Doesn't get much easier than that! Thanks Steve.


----------



## Donttreadonme (Sep 11, 2007)

Take Steve up on his offer. He is a huge help. Let me know if you ever want to get together for a training session as well. I am more than happy to show you some of what I am doing with my dog, who is just a little ahead of yours, running blinds now. I am always looking for people to go throw bumpers with.


----------



## Guest (Aug 10, 2012)

_I always had great success with Wolters version of baseball_


----------



## Greenhead_Slayer (Oct 16, 2007)

QuillGordon said:


> _I always had great success with Wolters version of baseball_


You're alive Quill! When do we get some of your awesome pictures back up? Good to hear from you.


----------



## Guest (Aug 11, 2012)

_Thanks man. I know Wolters is purdy much dated material but it was easy to follow. Been working with my GSP on hand signals, he's a little slower than a Labrador but he is picking it up with repetition and takin the pace a wee bit slower. He's just not as crazy as a Labrador when concerned with bumpers. Pop a bird and he is all over it. The best way to describe is more bird crazy than bumper crazy._


----------



## Sprig Kennels (Jan 13, 2009)

this should help. Avery Sporting Dog has a good video out with Chris Akin on teaching a dog to handle. It's a pretty good DVD on the subject. http://www.trainingyourretriever.com/av ... cs-II-dvd/


----------



## Greenhead_Slayer (Oct 16, 2007)

Sprig Kennels said:


> this should help. Avery Sporting Dog has a good video out with Chris Akin on teaching a dog to handle. It's a pretty good DVD on the subject. http://www.trainingyourretriever.com/av ... cs-II-dvd/


Thanks Sprig. I bought his first DVD and followed it real close, I didn't know he had released a 2nd one yet. I was impressed with his first DVD.

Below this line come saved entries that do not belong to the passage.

//! An undo and a redo that keep to the line's limit: one pass looks for what to go over, asks, and goes.
ghost use Rattle.std.specs.Prelude.{◌≡◌, true, IfErr, IfOk, IfSome, IsSome, None, OnErr, length, nat_le};
ghost use Rattle.rl_line.specs.Change.{greatest_ahead_over, greatest_back_over, longest_over};
ghost use Rattle.rl_line.specs.Plan.{NeverRefuses};
ghost use Rattle.rl_record.specs.Trying.{DoneWithin};
ghost use Rattle.rl_record.specs.Undo.{GoesOver, OutOfRoom, Redone, Undone, unit_of};
ghost use Rattle.rl_line.specs.Going.{line_ahead, line_back, line_over, listener_ahead, listener_back, listener_over, texts_ahead, texts_back, texts_over};
ghost use Rattle.rl_record.specs.Units.{last_of, redo_of};

use crate::changeset::Changeset;
use crate::changeset::undo::count_over;
use rl_base::{ChangeListener, Refusal, RepeatCount};
use rl_line::LineBuffer;
use rl_line::change::{Change, Way, seldom};

impl Changeset {
    /// Undoes as `undo_telling` does, if the text keeps to the line's limit all the way, and else changes and tells nothing
    /// and answers None.
    // Inlined, as `undo_telling` is.
    #[inline(always)]
    pub fn undo_within<L: ChangeListener>(
        &mut self,
        line: &mut LineBuffer,
        n: RepeatCount,
        listener: &mut L,
    ) -> Result<Option<bool>, Refusal>
        requires follows { IsSome (line_back (last_of n self.old.recorded) line.old) }
        requires hears { NeverRefuses L.refused }
        ensures done { IfOk result (DoneWithin (Undone n self.old self.new line.old line.new)
            (nat_le (greatest_back_over (last_of n self.old.recorded) (length line.old.text)) line.old.limit) self.old self.new line.old line.new) }
        ensures told { IfOk result (λ done. IfSome done (λ _. listener.new ≡ listener_back L.step line.old.cursor (last_of n self.old.recorded) listener.old)) }
        ensures untold { IfOk result (λ done. done ≡ None → listener.new ≡ listener.old) }
        ensures keeps { OnErr result (nat_le (greatest_back_over (last_of n self.old.recorded) (length line.old.text)) line.old.limit ≡ true) }
        ensures err { IfErr result (OutOfRoom self.old self.new line.old line.new (texts_back (last_of n self.old.recorded) line.old.text)) }
        ensures kept { OnErr result (listener.new ≡ listener.old) }
    {
        self.go_within(line, Way::Back, usize::from(n), listener)
    }

    /// Redoes as `redo_telling` does, if the text keeps to the line's limit all the way, and else changes and tells nothing
    /// and answers None.
    #[inline(always)]
    pub fn redo_within<L: ChangeListener>(
        &mut self,
        line: &mut LineBuffer,
        listener: &mut L,
    ) -> Result<Option<bool>, Refusal>
        requires follows { IsSome (line_ahead (redo_of self.old.pending) line.old) }
        requires hears { NeverRefuses L.refused }
        ensures done { IfOk result (DoneWithin (Redone self.old self.new line.old line.new)
            (nat_le (greatest_ahead_over (redo_of self.old.pending) (length line.old.text)) line.old.limit) self.old self.new line.old line.new) }
        ensures told { IfOk result (λ done. IfSome done (λ _. listener.new ≡ listener_ahead L.step line.old.cursor (redo_of self.old.pending) listener.old)) }
        ensures untold { IfOk result (λ done. done ≡ None → listener.new ≡ listener.old) }
        ensures keeps { OnErr result (nat_le (greatest_ahead_over (redo_of self.old.pending) (length line.old.text)) line.old.limit ≡ true) }
        ensures err { IfErr result (OutOfRoom self.old self.new line.old line.new (texts_ahead (redo_of self.old.pending) line.old.text)) }
        ensures kept { OnErr result (listener.new ≡ listener.old) }
    {
        self.go_within(line, Way::Ahead, 1, listener)
    }

    // Goes over the last `n` units, or the next one, within the limit. What follows is inlined twice: an insertion alone, as
    // most changes are, has a copy in which the compiler knows that it takes nothing out.
    #[inline(always)]
    fn go_within<L: ChangeListener>(
        &mut self,
        line: &mut LineBuffer,
        way: Way,
        n: usize,
        listener: &mut L,
    ) -> Result<Option<bool>, Refusal>
        requires follows { IsSome (line_over way (unit_of way n self.old) line.old) }
        requires hears { NeverRefuses L.refused }
        ensures done { IfOk result (DoneWithin (GoesOver way n self.old self.new line.old line.new)
            (nat_le (longest_over way (unit_of way n self.old) (length line.old.text)) line.old.limit) self.old self.new line.old line.new) }
        ensures told { IfOk result (λ done. IfSome done (λ _. listener.new ≡ listener_over L.step way line.old.cursor (unit_of way n self.old) listener.old)) }
        ensures untold { IfOk result (λ done. done ≡ None → listener.new ≡ listener.old) }
        ensures keeps { OnErr result (nat_le (longest_over way (unit_of way n self.old) (length line.old.text)) line.old.limit ≡ true) }
        ensures err { IfErr result (OutOfRoom self.old self.new line.old line.new (texts_over way (unit_of way n self.old) line.old.text)) }
        ensures kept { OnErr result (listener.new ≡ listener.old) }
    {
        if let Some(Change::Insert(_, _, _)) = self.alone(way, n) {
            return self.go_within_any(line, way, n, listener);
        }
        seldom();
        self.go_within_any(line, way, n, listener)
    }

    #[inline(always)]
    fn go_within_any<L: ChangeListener>(
        &mut self,
        line: &mut LineBuffer,
        way: Way,
        n: usize,
        listener: &mut L,
    ) -> Result<Option<bool>, Refusal>
        requires follows { IsSome (line_over way (unit_of way n self.old) line.old) }
        requires hears { NeverRefuses L.refused }
        ensures done { IfOk result (DoneWithin (GoesOver way n self.old self.new line.old line.new)
            (nat_le (longest_over way (unit_of way n self.old) (length line.old.text)) line.old.limit) self.old self.new line.old line.new) }
        ensures told { IfOk result (λ done. IfSome done (λ _. listener.new ≡ listener_over L.step way line.old.cursor (unit_of way n self.old) listener.old)) }
        ensures untold { IfOk result (λ done. done ≡ None → listener.new ≡ listener.old) }
        ensures keeps { OnErr result (nat_le (longest_over way (unit_of way n self.old) (length line.old.text)) line.old.limit ≡ true) }
        ensures err { IfErr result (OutOfRoom self.old self.new line.old line.new (texts_over way (unit_of way n self.old) line.old.text)) }
        ensures kept { OnErr result (listener.new ≡ listener.old) }
    {
        if let Some(change) = self.alone(way, n) {
            if !change.keeps_to(way, line.len(), line.limit()) {
                return Ok(None);
            }
            line.go_over_one(change, way, listener)?;
            let len = self.entries.len();
            let recorded = count_over(way, len, 1);
            let changes = count_over(way, self.entries.changes(), 1);
            self.entries.cut(recorded, changes);
            return Ok(Some(true));
        }
        if !self.units_fit(line, way, n) {
            return Ok(None);
        }
        let changed = self.go_over_units(line, way, n, listener)?;
        Ok(Some(changed))
    }
}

Just for a quick update she has done pretty well I think. I focused on just the back pile for the first week after hearing that is the hardest pile to cast her to consistently. She'll cast to every pile (home, 1, 2, and 3.) consistently. At first she really hated it. She'd do it but she would walk to each pile and walk back to me, I was a little worried at her lack of excitement. She'll go full bore now though, not sure what clicked but something did. I'm starting to add distance, she's out to about 30 yards from me then about 40 yards to each of the piles. I don't know if she needs to go much farther than that or not? She casted over water for the first time yesterday and she seemed to transition just fine. This next week I'll probably add the "shortstop positions" and see if she can handle those.


----------



## Sprig Kennels (Jan 13, 2009)

sounds like your making progress. 8) When a dog goes slow at first and then picks up the pace it is usually just confusion and being unsure of something new but practice, patience and repetition will usually get the dog through it so it sounds like your dog has gotten the hang of it if the drive has come back. I wouldnt worry about doing much more distance at the time being if she is going over 40 yards to a pile. that is plenty far for now and I would spend the time getting the dog to really learn the casts, i.e. toss one on one pile and one on another before you send the dog to make the dog think and really learn casting. just by doing one bumper before the cast the dog is just reacting but by tossing a couple at different piles and then having the dog really watch your arm casts is what takes the dog to the next level on casting. I didnt know Avery had a 2nd DVD out either until recently so i quickly added them to my web site www.trainingyourretriever.com and have them in stock now. I just watched it the other day and its pretty good, much like duck dog basics I. 8)


----------



## birdboy (Sep 11, 2007)

I would do two things.... First take Steve up on his offer! 2nd I would spend $40.00 on the Danny Farmer/ Judy Ay**** Basics DVD. 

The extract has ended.